= Iman Ghaleb al-Hamli =

Yemeni entrepreneur

Iman Haddi Ghaleb al-Hamli (Arabic: إيمان غالب الهاملي; born c. 1986) is a Yemeni entrepreneur who helped establish solar microgrids in Yemen to provide clean energy for rural areas during the Yemeni Civil War.

== Career ==
Al-Hamli received support from the United Nations Development Programme to establish and run a microgrid in rural northern Yemen, one of three established in the country. Northern Yemen is one of the frontlines of the ongoing conflict between the Yemeni government and the Houthi movement which has left the country in a state of civil war since 2014, and much of the area otherwise lacks electricity. Al-Hamli's own microgrid has received attention for employing ten local women, an unusual feat in conservative Yemen where women are often shunned from the workforce. She did receive some criticism from local leaders for doing what was considered to be a man's work, though has since received praise for supplying an economic income for Yemeni families during the war, which has led to low job security. Al-Hamli has used some of the profits from the microgrid to grant small loans to local women to set up their own businesses, utilising electricity harnessed from the system.

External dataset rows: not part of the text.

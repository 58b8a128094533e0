//! The code of programs.
ghost use Rattle.std.specs.Prelude.{◌≡◌, map, IfOk};
ghost use Rattle.gang_model.specs.Running.RunningOrder.{IsNumberedProgram};
ghost use Rattle.machine_states.specs.Cells.{greatest};
ghost use Rattle.machine_states.specs.Nesting.{most_levels};
ghost use Rattle.mask_lowering.specs.PointViews.{point_view};
ghost use Rattle.mask_lowering.specs.Views.{first_step, points_view};
ghost use Rattle.mask_states.specs.Points.{points_in};
ghost use Rattle.foreach_lowering.specs.FormViews.{form_view, forms_view};
ghost use Rattle.typed_tree.specs.Views.{program_view};
ghost use Rattle.codegen.specs.Codes.{AreRounds, DoAll, DoEach, Fit, HasCode, HaveCode, IsRoundOf, RoundEach};

use crate::code::{Code, StepCode};
use crate::steps::step;
use foreach_lowering::{FunctionForms, lower_rounds};
use mask_lowering::{Masked, Point, lower};
use std::alloc::{AllocError, Global};
use typed_tree::{Program, Rounds};

/// The code of a program whose steps are numbered in running order: for each function that of its points, each step of rounds with the
/// index variables of its form, and its first step; and how many foreach forms stand in one another at most.
///
/// # Errors
///
/// Out of memory.
pub fn compile(alloc: Global, program: &Program) -> Result<Code, AllocError>
    requires numbered { IsNumberedProgram (program_view program.now) }
    ensures code { IfOk result (λ code. DoEach code.functions.items (map points_in (program_view program.now).functions)) }
    ensures rounds { IfOk result (λ code. RoundEach code.functions.items (program_view program.now).functions) }
    ensures entries { IfOk result (λ code. code.entries.items ≡ map first_step (program_view program.now).functions) }
    ensures levels { IfOk result (λ code. code.levels ≡ most_levels (program_view program.now)) }
{
    let masked = lower(alloc, program)?;
    let forms = lower_rounds(alloc, &masked)?;
    let functions = functions(alloc, &masked.functions, &forms)?;
    let levels = most_levels(&forms);
    let Masked {
        functions: _,
        entries,
    } = masked;
    Ok(Code {
        functions,
        entries,
        levels,
    })
}

/// The most forms round one step of a program.
fn most_levels(functions: &[FunctionForms<'_>]) -> usize
    ensures { result ≡ greatest (λ forms. forms.depth) functions.now }
{
    let mut most = 0;
    for forms in functions {
        most = most.max(forms.depth);
    }
    most
}

/// The code of the functions' points.
fn functions(
    alloc: Global,
    lowered: &[Vec<Point<'_>>],
    forms: &[FunctionForms<'_>],
) -> Result<Vec<Vec<StepCode>>, AllocError>
    requires { Fit HaveCode (map points_view lowered.now) (map forms_view forms.now) }
    ensures code { IfOk result (λ made. DoEach made.items (map points_view lowered.now)) }
    ensures rounds { IfOk result (λ made. Fit AreRounds made.items (map forms_view forms.now)) }
{
    let mut made = Vec::with_capacity(alloc, lowered.len())?;
    for (points, forms) in lowered.iter().zip(forms) {
        made.push(steps(alloc, points, &forms.rounds)?)?;
    }
    Ok(made)
}

/// The code of a function's points.
fn steps(
    alloc: Global,
    points: &[Point<'_>],
    forms: &[Option<&Rounds>],
) -> Result<Vec<StepCode>, AllocError>
    requires { Fit HasCode (map point_view points.now) (map form_view forms.now) }
    ensures code { IfOk result (λ made. DoAll made.items (map point_view points.now)) }
    ensures rounds { IfOk result (λ made. Fit IsRoundOf made.items (map form_view forms.now)) }
{
    let mut made = Vec::with_capacity(alloc, points.len())?;
    for (point, form) in points.iter().zip(forms) {
        made.push(step(alloc, point, *form)?)?;
    }
    Ok(made)
}
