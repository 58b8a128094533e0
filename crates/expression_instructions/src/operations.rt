//! What the instructions compute.
ghost use Rattle.std.specs.Prelude.{◌≡◌, ℕ};
ghost use Rattle.gang_types.specs.Masks.{IsGangWidth, lanes_of};
ghost use Rattle.gang_model.specs.Running.Lanes.{each};
ghost use Rattle.gang_model.specs.Running.Library.{bits_from};
ghost use Rattle.gang_model.specs.Running.State.{State, words_in, seen};
ghost use Rattle.cross_lane.specs.Calls.{answer_of};
ghost use Rattle.expression_instructions.specs.Values.{leaf_value, one_value, two_value, three_value};
ghost use Rattle.expression_instructions.specs.declared.code.Leaf.TheVariants.{ProgramCount};

use crate::code::{Leaf, OneOperand, ThreeOperands, TwoOperands};
use crate::library::{inserted, moved, picked, picked_of_two, reduced, scanned};
use crate::words::Words;
use gang_types::{FaultName, Mask};
use masked_operations::{
    absolute, binary, chosen, convert, lane_numbers, max, min, only, popcnt, splat, unary,
};
use typed_tree::{OneCall, TwoCall, Var};

// The word with bit k set for each lane k of the mask.
fn lane_bits<const W: usize>(mask: Mask) -> u64
    requires { IsGangWidth W }
    ensures { result ≡ bits_from 0 (each (lanes_of W mask) (λ k. 1)) }
{
    mask.word::<W>()
}

// The gang's width in each lane of the mask.
fn widths<const W: usize>(mask: Mask) -> [u64; W]
    requires { IsGangWidth W }
    ensures { (state : State) → result ≡ leaf_value ProgramCount (lanes_of W mask) state }
{
    splat(mask, W as u64)
}

fn read<const W: usize, S: Words<W>>(variable: Var, words: &S, mask: Mask) -> [u64; W]
    requires { IsGangWidth W }
    ensures { (state : State) → S.shows words.now state → result ≡ seen variable.rate (lanes_of W mask) (words_in state variable.id) }
{
    only(mask, words.words(variable))
}

/// What needs no operand, in each lane of the mask, and 0 in the others.
pub fn leaf_words<const W: usize, S: Words<W>>(leaf: Leaf, words: &S, mask: Mask) -> [u64; W]
    requires { IsGangWidth W }
    ensures { (state : State) → S.shows words.now state → result ≡ leaf_value leaf (lanes_of W mask) state }
{
    match leaf {
        Leaf::Number(number) => splat(mask, number),
        Leaf::ProgramIndex => lane_numbers(mask),
        Leaf::ProgramCount => widths(mask),
        Leaf::LaneMask => splat(mask, lane_bits::<W>(mask)),
        Leaf::Read(variable) => read(variable, words, mask),
    }
}

/// An operation on one vector, in each lane of the mask, and 0 in the others.
pub fn apply_one<const W: usize>(operation: OneOperand, mask: Mask, operand: [u64; W]) -> [u64; W]
    requires { IsGangWidth W }
    ensures { result ≡ one_value operation (lanes_of W mask) operand.entry }
{
    if mask.is_empty::<W>() {
        return splat(mask, 0);
    }
    match operation {
        OneOperand::Unary(operator, value_type) => unary(mask, operator, value_type, operand),
        OneOperand::Convert(from, to) => convert(mask, from, to, operand),
        OneOperand::OfOne(OneCall::Absolute, value_type) => absolute(mask, value_type, operand),
        OneOperand::OfOne(OneCall::PopCount, value_type) => popcnt(mask, value_type, operand),
        OneOperand::Reduce(function, value_type) => {
            splat(mask, reduced(function, value_type, mask, operand))
        }
        OneOperand::ScanLanes(function, value_type) => {
            scanned(function, value_type, mask, operand)
        }
    }
}

/// An operation on two vectors, in each lane of the mask, and 0 in the others.
///
/// # Errors
///
/// A division by 0, or an index that names no lane, with the lowest lane of the mask that has it.
pub fn apply_two<const W: usize>(
    operation: TwoOperands,
    mask: Mask,
    left: [u64; W],
    right: [u64; W],
) -> Result<[u64; W], (usize, FaultName)>
    requires { IsGangWidth W }
    ensures { answer_of result ≡ two_value operation (lanes_of W mask) left.entry right.entry }
{
    if mask.is_empty::<W>() {
        return Ok(splat(mask, 0));
    }
    match operation {
        TwoOperands::Binary(operator, value_type) => {
            binary(mask, operator, value_type, left, right)
        }
        TwoOperands::OfTwo(TwoCall::Lesser, value_type) => Ok(min(mask, value_type, left, right)),
        TwoOperands::OfTwo(TwoCall::Larger, value_type) => Ok(max(mask, value_type, left, right)),
        TwoOperands::Pick => picked(mask, left, right),
        TwoOperands::Move(how) => Ok(moved(how, mask, left, right)),
    }
}

/// An operation on three vectors, in each lane of the mask, and 0 in the others.
///
/// # Errors
///
/// An index that names no lane, with the lowest lane of the mask that has it.
pub fn apply_three<const W: usize>(
    operation: ThreeOperands,
    mask: Mask,
    first: [u64; W],
    second: [u64; W],
    third: [u64; W],
) -> Result<[u64; W], (usize, FaultName)>
    requires { IsGangWidth W }
    ensures { answer_of result ≡ three_value operation (lanes_of W mask) first.entry second.entry third.entry }
{
    if mask.is_empty::<W>() {
        return Ok(splat(mask, 0));
    }
    match operation {
        ThreeOperands::Select => Ok(chosen(mask, first, second, third)),
        ThreeOperands::Insert => inserted(mask, first, second, third),
        ThreeOperands::PickOfTwo => picked_of_two(mask, first, second, third),
    }
}
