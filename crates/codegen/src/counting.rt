//! How many words the steps of a program set.
ghost use Rattle.std.specs.Prelude.{◌≡◌, ℕ, ◌+◌, ◌*◌, ◌≤◌, map};
ghost use Rattle.gang_types.specs.Masks.{IsGangWidth};
ghost use Rattle.gang_model.specs.Types.Tree.{Program};
ghost use Rattle.machine_states.specs.Cells.{cells_of};
ghost use Rattle.machine_states.specs.WellScoped.{IsWellScopedProgram};
ghost use Rattle.machine_states.specs.Variables.{Variables};
ghost use Rattle.mask_states.specs.Points.{points_in};
ghost use Rattle.codegen.specs.Cells.{most_set, words_set_by};
ghost use Rattle.codegen.specs.Codes.{DoEach};

use crate::code::{Code, StepCode};

/// The most words that one event of a well-scoped program with this code sets, at a width: a step, leaving a frame, or a poke.
pub fn cells(code: &Code, width: usize) -> usize
    requires width { IsGangWidth width }
    requires well_scoped { (variables : Variables) × (most : ℕ) × (program : Program) × IsWellScopedProgram variables most program
        × DoEach code.now.functions.items (map points_in program.functions) }
    ensures exact { (program : Program) → DoEach code.now.functions.items (map points_in program.functions) → result ≡ cells_of width program }
    ensures few { result ≤ 9 * width + 16 }
{
    let mut most = 2 * width + 2;
    for steps in &code.functions {
        most = most.max(most_set(steps, width));
    }
    most
}

/// The most words that one of these steps sets.
fn most_set(steps: &[StepCode], width: usize) -> usize
    requires width { IsGangWidth width }
    requires few { most_set width steps.now ≤ 9 * width + 16 }
    ensures { result ≡ most_set width steps.now }
{
    let mut most = 0;
    for step in steps {
        most = most.max(words_set(step, width));
    }
    most
}

/// How many words a step sets: a scalar, the elements that lanes store to, the numbers that lanes wait for, the values that a form saves
/// and each argument have at most one for each lane; a form of at most three dimensions has its counters too.
fn words_set(step: &StepCode, width: usize) -> usize
    requires width { IsGangWidth width }
    requires few { words_set_by width step.now ≤ 9 * width + 16 }
    ensures { result ≡ words_set_by width step.now }
{
    match step {
        StepCode::Check { .. }
        | StepCode::Go { .. }
        | StepCode::Branch { .. }
        | StepCode::Choose { .. } => width,
        StepCode::Declare { .. }
        | StepCode::Assign { .. }
        | StepCode::Change { .. }
        | StepCode::AssignElement { .. }
        | StepCode::ChangeElement { .. } => 2 * width,
        StepCode::Return { .. } => 2 * width + 1,
        StepCode::PackedStore { .. } | StepCode::PackedLoad { .. } => 3 * width + 1,
        StepCode::Begin { .. } => 3 * width + 11,
        StepCode::Round { .. } => 4 * width + 3,
        StepCode::Enter { args, .. } => args.len() * width + width + 5,
    }
}
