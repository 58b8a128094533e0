//! The instructions that expressions become, and what each computes.
#![tactic(auto)]

mod code;
mod library;
mod operations;
mod words;

pub use code::{Gate, Instruction, Joining, Leaf, Move, OneOperand, ThreeOperands, TwoOperands};
pub use operations::{apply_one, apply_three, apply_two, leaf_words};
pub use words::Words;
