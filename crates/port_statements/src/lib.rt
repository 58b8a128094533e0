//! Statements of a ported source that hold no others: assignments, changes, calls, declarations, `return`, `break` and `continue`.
#![tactic(auto)]

mod arms;
mod declarations;
mod lines;
mod specs;
mod statements;

pub use declarations::{declaration, declare_value, is_array, push_name, push_words, value_part};
pub use lines::{
    begin, enclose_from, end_of, ending, finish, further, has_continue, head_value, inner_indent,
    leave_out, leave_room, leaving, line_start, write,
};
pub use specs::{Spec, spec_of};
pub use statements::{read_leaving, read_return, simple, simple_parts};
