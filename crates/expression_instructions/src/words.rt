//! Where the words of variables and the elements of arrays come from.
ghost use Rattle.std.specs.Prelude.{◌≡◌, ℕ, ◌<◌, slice_index};
ghost use Rattle.gang_types.specs.Masks.{IsGangWidth, lanes_of};
ghost use Rattle.gang_model.specs.Running.Lanes.{at};
ghost use Rattle.gang_model.specs.Running.State.{State, words_in};
ghost use Rattle.cross_lane.specs.Calls.{answer_of};
ghost use Rattle.expression_instructions.specs.Read.{place_in};
ghost use Rattle.expression_instructions.specs.Values.{element_value};

use gang_types::{FaultName, Mask, VarId};
use typed_tree::Var;

/// A store with the words of variables and the elements of arrays.
pub trait Words<const W: usize> {
    ghost use Rattle.gang_model.specs.Running.State.{State};

    // Whether its words and its arrays are those of the state.
    ghost shows: { Self → State → Type 0 };

    /// The words of a variable, one for each lane; of a uniform one its word in each. A word that the variable does not
    /// have is 0.
    fn words(&self, variable: Var) -> [u64; W]
        requires { IsGangWidth W }
        ensures { (state : State) → shows self.now state → (k : ℕ) → k < W → slice_index result k ≡ at (words_in state variable.id) (place_in variable.rate k) };

    /// The elements of an array at the indices of the lanes of the mask, and 0 in the others.
    ///
    /// # Errors
    ///
    /// `Index` with the lowest lane of the mask whose index is not below the length: as a word a negative index is above.
    fn elements(
        &self,
        array: VarId,
        mask: Mask,
        indices: &[u64; W],
    ) -> Result<[u64; W], (usize, FaultName)>
        requires { IsGangWidth W }
        ensures { (state : State) → shows self.now state → answer_of result ≡ element_value array (lanes_of W mask) state indices.now };
}
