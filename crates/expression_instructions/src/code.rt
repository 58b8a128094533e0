//! The machine's instructions.
use gang_types::{BinaryOp, IntType, UnaryOp, VarId};
use typed_tree::{OneCall, Reduction, Scan, TwoCall, Var};

/// What needs no operand.
#[derive(Clone, Copy, Drop)]
pub enum Leaf {
    Number(u64),
    ProgramIndex,
    ProgramCount,
    LaneMask,
    Read(Var),
}

/// What takes one vector and gives one.
#[derive(Clone, Copy, Drop)]
pub enum OneOperand {
    Unary(UnaryOp, IntType),
    Convert(IntType, IntType),
    OfOne(OneCall, IntType),
    Reduce(Reduction, IntType),
    ScanLanes(Scan, IntType),
}

/// How far values are moved: to lanes of the gang in a circle, or in a row with 0 on either side.
#[derive(Clone, Copy, Drop)]
pub enum Move {
    Rotate,
    Shift,
}

/// What takes two vectors and gives one.
#[derive(Clone, Copy, Drop)]
pub enum TwoOperands {
    Binary(BinaryOp, IntType),
    OfTwo(TwoCall, IntType),
    /// The first vector's values of the lanes that the second names: `broadcast`, `extract` and `shuffle`.
    Pick,
    /// The first vector moved by the amounts of the second.
    Move(Move),
}

/// What takes three vectors and gives one.
#[derive(Clone, Copy, Drop)]
pub enum ThreeOperands {
    Select,
    /// The first vector with the third one's value in the lane that the second names.
    Insert,
    /// The values that the third vector names among those of the first and, after them, of the second.
    PickOfTwo,
}

/// Which lanes a part is run with: those where the top vector holds, those where it does not, and those where the
/// vector below the top does not.
#[derive(Clone, Copy, Drop)]
pub enum Gate {
    WhereTrue,
    WhereFalse,
    Otherwise,
}

/// How a part's vector is joined to those below it.
#[derive(Clone, Copy, Drop)]
pub enum Joining {
    Both,
    Either,
    Choice,
}

/// One instruction. A gate says how many instructions are passed where no lane is left for them.
#[derive(Clone, Copy, Drop)]
pub enum Instruction {
    Push(Leaf),
    /// The elements of an array at the indices of the top vector.
    Element(VarId),
    One(OneOperand),
    Two(TwoOperands),
    Three(ThreeOperands),
    Enter(Gate, usize),
    Join(Joining),
}
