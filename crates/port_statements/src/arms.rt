//! Values of `?:` with an arm that calls or changes something: `if` and `else`.
use crate::lines::finish;
use crate::statements::push_value;
use port_draft::{DEPTH, Draft};
use port_expressions::{arm_statement, expression};
use port_tokens::{NONE, PortRefusal, Reason, Span};

/// Writes `if` and `else` for `?:`, with what the line has from there on before the value of each arm.
pub(crate) fn choose(
    draft: &mut Draft,
    first: Span,
    start: usize,
    part: Span,
) -> Result<(), PortRefusal> {
    draft.is_late = false;
    let head = draft.line_from(start);
    let test = Span {
        start: part.start,
        end: draft.end_at(part, b"?"),
    };
    let arms = Span {
        start: test.end.saturating_add(1),
        end: part.end,
    };
    let colon = colon(draft, arms)?;
    push_test(draft, test)?;
    let one = Span {
        start: arms.start,
        end: colon,
    };
    arm(draft, head, one)?;
    let indent = draft.indent;
    draft.push_behind(indent, b"} else {")?;
    let other = Span {
        start: colon.saturating_add(1),
        end: part.end,
    };
    arm(draft, head, other)?;
    draft.push_behind(indent, b"}")?;
    finish(draft, first, head.end)?;
    draft.line.truncate(start);
    Ok(())
}

/// Puts `if` with its test into the line.
fn push_test(draft: &mut Draft, test: Span) -> Result<(), PortRefusal> {
    draft.push_text(b"if (")?;
    let start = draft.line.len();
    expression(draft, test, DEPTH)?;
    draft.line.space(start, NONE);
    Ok(draft.push_close(b") {")?)
}

/// Puts an arm into the line as a statement with this head, behind what comes before it.
fn arm(draft: &mut Draft, head: Span, part: Span) -> Result<(), PortRefusal> {
    draft.region = part;
    let (start, before) = (draft.line.len(), draft.before.len());
    draft.line.repeat(head)?;
    let value = draft.line.len();
    push_value(draft, part, true)?;
    draft.line.space(value, draft.blank);
    Ok(arm_statement(draft, start, before)?)
}

/// The `:` that belongs to the `?` before these arms.
fn colon(draft: &Draft, arms: Span) -> Result<usize, PortRefusal> {
    let mut open = 0usize;
    let mut next = arms.start;
    for at in arms.start..arms.end {
        if at < next {
            continue;
        }
        if draft.is(at, b"?") {
            open = open.saturating_add(1);
        } else if draft.is(at, b":") {
            if open == 0 {
                return Ok(at);
            }
            open = open.saturating_sub(1);
        }
        next = draft.partner(at);
    }
    Err(draft.refuse(arms.start, Reason::Word))
}
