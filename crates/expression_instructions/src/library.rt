//! The library's calls across lanes, for masks that have a lane.
ghost use Rattle.std.specs.Prelude.{◌≡◌, ◌<◌, ℕ, true, false, MatchOption};
ghost use Rattle.gang_types.specs.Lanes.{has, no_lane};
ghost use Rattle.gang_types.specs.Masks.{IsGangWidth, lanes_of};
ghost use Rattle.gang_model.specs.Running.Lanes.{at, each};
ghost use Rattle.gang_model.specs.Running.Library.{before_lane, reduced, scanned};
ghost use Rattle.typed_tree.specs.Views.{reduction_view, scan_view};
ghost use Rattle.cross_lane.specs.Calls.{answer_of, values_in};
ghost use Rattle.expression_instructions.specs.declared.code.TwoOperands.TheVariants.{Pick};
ghost use Rattle.expression_instructions.specs.declared.code.ThreeOperands.TheVariants.{Insert, PickOfTwo};
ghost use Rattle.expression_instructions.specs.Values.{moved_word, two_value, three_value};

use crate::code::Move;
use cross_lane::{
    all, any, broadcast, exclusive_scan_add, exclusive_scan_and, exclusive_scan_or, none, packmask,
    popcnt_lanes, reduce_add, reduce_equal, reduce_max, reduce_min, rotate, shift, shuffle,
    shuffle_two,
};
use gang_types::{BinaryOp, FaultName, IntType, Mask};
use masked_operations::{binary, chosen, lane_numbers};
use typed_tree::{Reduction, Scan};

// One value from those of the lanes of the mask.
pub(crate) fn reduced<const W: usize>(
    function: Reduction,
    value_type: IntType,
    mask: Mask,
    values: [u64; W],
) -> u64
    requires width { IsGangWidth W }
    requires lane { no_lane (lanes_of W mask) ≡ false }
    ensures { result ≡ reduced (reduction_view function) value_type (lanes_of W mask) (values_in (lanes_of W mask) values.entry) }
{
    match function {
        Reduction::AnyLane => any(mask, values),
        Reduction::AllLanes => all(mask, values),
        Reduction::NoLane => none(mask, values),
        Reduction::ReduceAdd => reduce_add(value_type, mask, values),
        Reduction::ReduceMin => reduce_min(value_type, mask, values),
        Reduction::ReduceMax => reduce_max(value_type, mask, values),
        Reduction::ReduceEqual => reduce_equal(mask, values),
        Reduction::PopCountLanes => popcnt_lanes(mask, values),
        Reduction::PackMask => packmask(mask, values),
    }
}

// In each lane of the mask the fold of the values of those before it.
pub(crate) fn scanned<const W: usize>(
    function: Scan,
    value_type: IntType,
    mask: Mask,
    values: [u64; W],
) -> [u64; W]
    requires width { IsGangWidth W }
    requires lane { no_lane (lanes_of W mask) ≡ false }
    ensures { result ≡ each (lanes_of W mask) (λ k. scanned (scan_view function) value_type (before_lane k (lanes_of W mask) (values_in (lanes_of W mask) values.entry))) }
{
    match function {
        Scan::Add => exclusive_scan_add(value_type, mask, values),
        Scan::And => exclusive_scan_and(value_type, mask, values),
        Scan::Or => exclusive_scan_or(mask, values),
    }
}

// The word that all lanes of the mask have, if they have one. What the language calls uniform has one.
fn one_word<const W: usize>(mask: Mask, words: [u64; W]) -> Option<u64>
    requires width { IsGangWidth W }
    requires lane { no_lane (lanes_of W mask) ≡ false }
    ensures { MatchOption result (Unit {0}) (λ word. (k : ℕ) → k < W → has (lanes_of W mask) k ≡ true → at words.entry k ≡ word) }
{
    let first = words[mask.lowest::<W>()];
    for lane in 0..W {
        if mask.has::<W>(lane) && words[lane] != first {
            return None;
        }
    }
    Some(first)
}

// In each lane of the mask the value of the lane that its place names.
pub(crate) fn picked<const W: usize>(
    mask: Mask,
    values: [u64; W],
    places: [u64; W],
) -> Result<[u64; W], (usize, FaultName)>
    requires width { IsGangWidth W }
    requires lane { no_lane (lanes_of W mask) ≡ false }
    ensures { answer_of result ≡ two_value Pick (lanes_of W mask) values.entry places.entry }
{
    match one_word(mask, places) {
        Some(place) => broadcast(mask, values, place),
        None => shuffle(mask, values, places),
    }
}

// In each lane of the mask the value that its place names among those of both vectors.
pub(crate) fn picked_of_two<const W: usize>(
    mask: Mask,
    values: [u64; W],
    second: [u64; W],
    places: [u64; W],
) -> Result<[u64; W], (usize, FaultName)>
    requires width { IsGangWidth W }
    requires lane { no_lane (lanes_of W mask) ≡ false }
    ensures { answer_of result ≡ three_value PickOfTwo (lanes_of W mask) values.entry second.entry places.entry }
{
    shuffle_two(mask, values, second, places)
}

// The values with the new ones in the lanes of the mask whose index is their own number.
pub(crate) fn inserted<const W: usize>(
    mask: Mask,
    values: [u64; W],
    indices: [u64; W],
    new_values: [u64; W],
) -> Result<[u64; W], (usize, FaultName)>
    requires width { IsGangWidth W }
    requires lane { no_lane (lanes_of W mask) ≡ false }
    ensures { answer_of result ≡ three_value Insert (lanes_of W mask) values.entry indices.entry new_values.entry }
{
    let _lanes_are_there = picked(mask, values, indices)?;
    let own = binary(
        mask,
        BinaryOp::Equal,
        IntType::Uint64,
        lane_numbers(mask),
        indices,
    )?;
    Ok(chosen(mask, own, new_values, values))
}

// The values moved by one amount.
fn moved_by<const W: usize>(how: Move, mask: Mask, values: [u64; W], amount: u64) -> [u64; W]
    requires width { IsGangWidth W }
    requires lane { no_lane (lanes_of W mask) ≡ false }
    ensures { result ≡ each (lanes_of W mask) (λ k. moved_word how (lanes_of W mask) (values_in (lanes_of W mask) values.entry) amount k) }
{
    match how {
        Move::Rotate => rotate(mask, values, amount),
        Move::Shift => shift(mask, values, amount),
    }
}

// The values moved by the amount of each lane.
pub(crate) fn moved<const W: usize>(
    how: Move,
    mask: Mask,
    values: [u64; W],
    amounts: [u64; W],
) -> [u64; W]
    requires width { IsGangWidth W }
    requires lane { no_lane (lanes_of W mask) ≡ false }
    ensures { result ≡ each (lanes_of W mask) (λ k. moved_word how (lanes_of W mask) (values_in (lanes_of W mask) values.entry) (at amounts.entry k) k) }
{
    if let Some(amount) = one_word(mask, amounts) {
        return moved_by(how, mask, values, amount);
    }
    let mut moved = [0; W];
    for lane in 0..W {
        if mask.has::<W>(lane) {
            moved[lane] = moved_to(lane, how, mask, values, amounts[lane]);
        }
    }
    moved
}

// What one lane of the mask gets of the values, moved by an amount.
fn moved_to<const W: usize>(
    lane: usize,
    how: Move,
    mask: Mask,
    values: [u64; W],
    amount: u64,
) -> u64
    requires width { IsGangWidth W }
    requires within { lane < W }
    requires active { has (lanes_of W mask) lane ≡ true }
    requires lane { no_lane (lanes_of W mask) ≡ false }
    ensures { result ≡ moved_word how (lanes_of W mask) (values_in (lanes_of W mask) values.entry) amount lane }
{
    moved_by(how, mask, values, amount)[lane]
}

In addition to her work with microgrids, al-Hamli is also an advocate for peace in Yemen and an end to the war so that Yemen can be rebuilt. In addition to rebuilding the country's infrastructure and economy, al-Hamli has also called on more investment to be given to agriculture, skills development among the Yemeni population, the establishment of an effective and inclusive government, and particularly the empowerment of women.

== Recognition ==
In 2020, al-Hamli was named as one of the BBC's 100 Women for that year for inspiring change in rural Yemen. In addition, El País called her "the most influential woman in Yemen; while Al Jazeera recognised al-Hamli as one of four women leading change in the Middle East.